Hopefully this can help all new buyers of (Gaggia) machines.

So, what needs to be done for a new machine? Apart from running a couple of tanks of water thru as per the manufacturers recommendation is anything else necessary? Would a backflush or descale be at all beneficial?

My new gaggia baby should arrive imminently and I want to be ready!


----------



## Big Tony (Dec 18, 2012)

Well I'd run through a litre of water, descale and backflush. Then I'd run through another litre of water and away I'd go. The descale prob isn't necessary but that stuff should get rid of anything that might be there.

I'm sure a lot of people would probably just run a litre through and go for it. Either way, I reckon it'll be fine


----------



## 4085 (Nov 23, 2012)

If it is brand new, then read the instructions! I probably would not backflush or descale as those are issues which should only arise after several weeks of use. If it is second hand, and I mean used as opposed to an Amazon marketplace return, then Tonys advice sounds good


----------



## autopilot (Apr 4, 2013)

Regarding descaling, has anyone ever dismantled a classic and seen how much scale is left? How much of an issue is it, or are we really just talking about precautionary stuff?

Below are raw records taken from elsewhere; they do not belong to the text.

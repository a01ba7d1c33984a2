// The next piece of a log: frames are found by their sync and their parity, not counted off.
#![tactic(auto)]

ghost use Rattle.std.specs.Prelude.{◌≡◌, ◌≤◌};
ghost use Rattle.pieces.specs.Pieces.{is_frame, stands_at, piece_length};

// Whether bytes are a frame with the right sync whose parity groups are all zero. The sync is looked at first.
fn is_frame(f: &[u8]) -> bool
    ensures { result ≡ is_frame f.now }
{
    f.len() == 125 && bits::get16(f, 0, 16) == 0xEB90 && parity::parity_ok(f)
}

// Whether such a frame stands at byte p.
fn stands(s: &[u8], p: usize) -> bool
    requires { p ≤ 125 }
    ensures { result ≡ stands_at s.now p }
{
    p + 125 <= s.len() && is_frame(&s[p..p + 125])
}

// The bytes of the next piece: a frame that stands at the start, else what comes before the first that stands at 1 to 125, else 125, or what is left.
pub fn piece_length(s: &[u8]) -> u8
    ensures { result ≡ piece_length s.now }
{
    if stands(s, 0) {
        return 125;
    }
    for p in 1..126u8 {
        if stands(s, p as usize) {
            return p;
        }
    }
    s.len().min(125) as u8
}
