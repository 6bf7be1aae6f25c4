//! The level that a rule chooses, by scores that were worked out by hand.

use crate::sites::{
    APART, BRIDGE, COMPLETE, EIGHT, EIGHT_AND_A_LINK, EIGHT_LESS_A_LINK, FIVE, NONE, ONE,
};
use quietest::Quietest;
use rules::levels::choose;
use rules::{Average, Net, Paired, Refusal, Rule};
use view::listed::{Listed, Listing};
use view::service::ServiceList;
use view::struck::Struck;

/// The level that a rule chooses on a listed site.
fn chosen<R: Rule>(listing: Listing<'static, 'static>, rule: &R) -> Result<usize, Refusal> {
    choose(&Listed::open(listing), rule)
}

/// The net gain with these weights: of a link inside, of a link at the boundary and of a member.
fn net([inside_gain, boundary_cost, member_cost]: [u16; 3]) -> Net {
    Net {
        inside_gain,
        boundary_cost,
        member_cost,
    }
}

/// Of eight, the averages are 22/8, 22/8, 20/7 and 12/4 from level 0 up. With a link more, all are 3. With a link less,
/// they are 20/8, 20/8 and 18/7, and where two groups are bridged, three times 28/9 and then 24/8.
#[test]
fn the_average(rt: HostRuntime) {
    for (listing, level) in [
        (EIGHT, 3),
        (EIGHT_AND_A_LINK, 3),
        (EIGHT_LESS_A_LINK, 2),
        (BRIDGE, 2),
        (FIVE, 3),
        (COMPLETE, 4),
        (APART, 0),
        (ONE, 0),
    ] {
        assert_eq!(rt; chosen(listing, &Average), Ok(level));
    }
}

/// Of eight, the net gains are 3, 3, 2 and 1 from level 0 up. With a link more, they are 4, 4, 4 and 1, with a link less
/// 2, 2 and 1, and where two groups are bridged, 5, 5, 5 and 2.
#[test]
fn the_net_gain(rt: HostRuntime) {
    for (listing, level) in [
        (EIGHT, 1),
        (EIGHT_AND_A_LINK, 2),
        (EIGHT_LESS_A_LINK, 1),
        (BRIDGE, 2),
        (FIVE, 1),
        (COMPLETE, 4),
        (APART, 0),
        (ONE, 0),
    ] {
        assert_eq!(rt; chosen(listing, &net([1, 1, 1])), Ok(level));
    }
}

/// By 4, 0 and 5 the net gains of eight are 4, 4, 5 and 4. Without weights all are level, and by the members alone they
/// are -8, -8, -7 and -4.
#[test]
fn other_weights(rt: HostRuntime) {
    for (weights, level) in [
        ([4, 0, 5], 2),
        ([0, 0, 0], 3),
        ([0, 0, 1], 3),
        ([0, 1, 0], 1),
        ([1, 0, 0], 1),
    ] {
        assert_eq!(rt; chosen(EIGHT, &net(weights)), Ok(level));
    }
}

/// The average tells level 3 of eight from all others; the net gain leaves two, whose averages are level.
#[test]
fn paired_rules(rt: HostRuntime) {
    let average_first = Paired {
        first: Average,
        second: net([1, 1, 1]),
    };
    assert_eq!(rt; chosen(EIGHT, &average_first), Ok(3));
    assert_eq!(rt; chosen(EIGHT_AND_A_LINK, &average_first), Ok(2));
    let net_first = Paired {
        first: net([1, 1, 1]),
        second: Average,
    };
    assert_eq!(rt; chosen(EIGHT, &net_first), Ok(1));
    let level_first = Paired {
        first: net([0, 0, 0]),
        second: Quietest,
    };
    assert_eq!(rt; chosen(EIGHT, &level_first), Ok(1));
}

/// Levels 0 and 1 of eight have no boundary and eight members each, and the others a link at the boundary.
#[test]
fn a_rule_from_outside(rt: HostRuntime) {
    for (listing, level) in [
        (EIGHT, 1),
        (EIGHT_AND_A_LINK, 2),
        (EIGHT_LESS_A_LINK, 1),
        (BRIDGE, 2),
        (FIVE, 1),
        (COMPLETE, 4),
    ] {
        assert_eq!(rt; chosen(listing, &Quietest), Ok(level));
    }
}

/// With 7 struck, the tallies are 8/10/0, 7/10/0, 7/10/0 and 4/6/1 from level 0 up.
#[test]
fn one_station_struck(rt: HostRuntime) {
    let view = Listed::open(EIGHT);
    let mut service = ServiceList::new();
    assert_eq!(rt; service.mark(7), Ok(()));
    let struck = Struck::new(&view, &service);
    assert_eq!(rt; choose(&struck, &Average), Ok(3));
    assert_eq!(rt; choose(&struck, &net([1, 1, 1])), Ok(2));
    assert_eq!(rt; choose(&struck, &Quietest), Ok(0));
}

#[test]
fn no_stations_are_refused(rt: HostRuntime) {
    let refused = chosen(NONE, &Average);
    assert_eq!(rt; refused, Err(Refusal::CountOutOfRange));
    assert_eq!(rt; refused.err().map(|refusal| refusal.number()), Some(1));
}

Also, I have very soft water and never see any in my kettle etc. Am I likely to ever need to descale mine?

Found this usful... http://www.coffeecrew.com/learning/255-gaggia-classic-step-by-step


----------



## Steve_S_T (Dec 7, 2012)

Descaling is a "how long is a piece of string" question. Fracino advised me not to descale my Heavenly at all, just to use filtered water, but we live in a very hard water area and even though we only use filtered in our hob top kettle it does scale up a bit. Fortunately I live 15 miles from Fracino so might just pop it in there once or twice a year for them to check it out, but always bear in mind that scale itself is often not a problem, it's dislodged scale that causes blockages etc and descaling is a surefire way to dislodge hitherto harmless scale. So unless it's creating bad taste problems I'd just descale as often as you descale your kettle (if at all).

Steve.


----------



## coffeechap (Apr 5, 2012)

autopilot said:


> Regarding descaling, has anyone ever dismantled a classic and seen how much scale is left? How much of an issue is it, or are we really just talking about precautionary stuff?
> 
> Also, I have very soft water and never see any in my kettle etc. Am I likely to ever need to descale mine?
> 
> Found this usful... http://www.coffeecrew.com/learning/255-gaggia-classic-step-by-step


Yes have stripped a few classics down, it does just depend on the water you put in, if your water is very soft then it is unlikely that you will have any problems, scale however is the biggest killer of gaggias out there, where it be a knackered solenoid due to it, or a leaking boiler seal or a blocked group head. The boiler is quite small on the gaggia and the scale builds p quickly in the base of the boiler. But you probably won't have any of these issues as your water is good.


----------



## painty (Jul 25, 2011)

There has been advice not to use Brita filtered water in Gaggias because it's acidic and will corrode/erode the aluminium. Perhaps it would be best to use only something soft and pH-neutral like Tesco Ashbeck water.


----------



## Charliej (Feb 25, 2012)

painty said:


> There has been advice not to use Brita filtered water in Gaggias because it's acidic and will corrode/erode the aluminium. Perhaps it would be best to use only something soft and pH-neutral like Tesco Ashbeck water.


Where did you see this information I have never come across it before?


----------



## painty (Jul 25, 2011)

It's from a great technical resource on water for coffee written some years back by Mr J Schulman, called The Insanely Long Water FAQ



> A Water Treatment for Gaggia Home Machine Boilers
> 
> High alkalinity and low hardness water protects a Gaggia, since the alkalinity won't be reduced by scaling; while low alkalinity, high hardness water is deadly, since even if the original alkalinity is above the 50 mg/l safety limit, it will scale out, making the water and steam corrosive [section 1.8]. This leads to the following recommendations.
> 
> ...


Also



another_jim @ H-B said:


> What kills Gaggias is galvanic or anodic corrosion -- if the water is slightly acidic, i.e. soft, the mating between the brass group and aluminum boiler acts as a battery and the aluminum side corrodes.


----------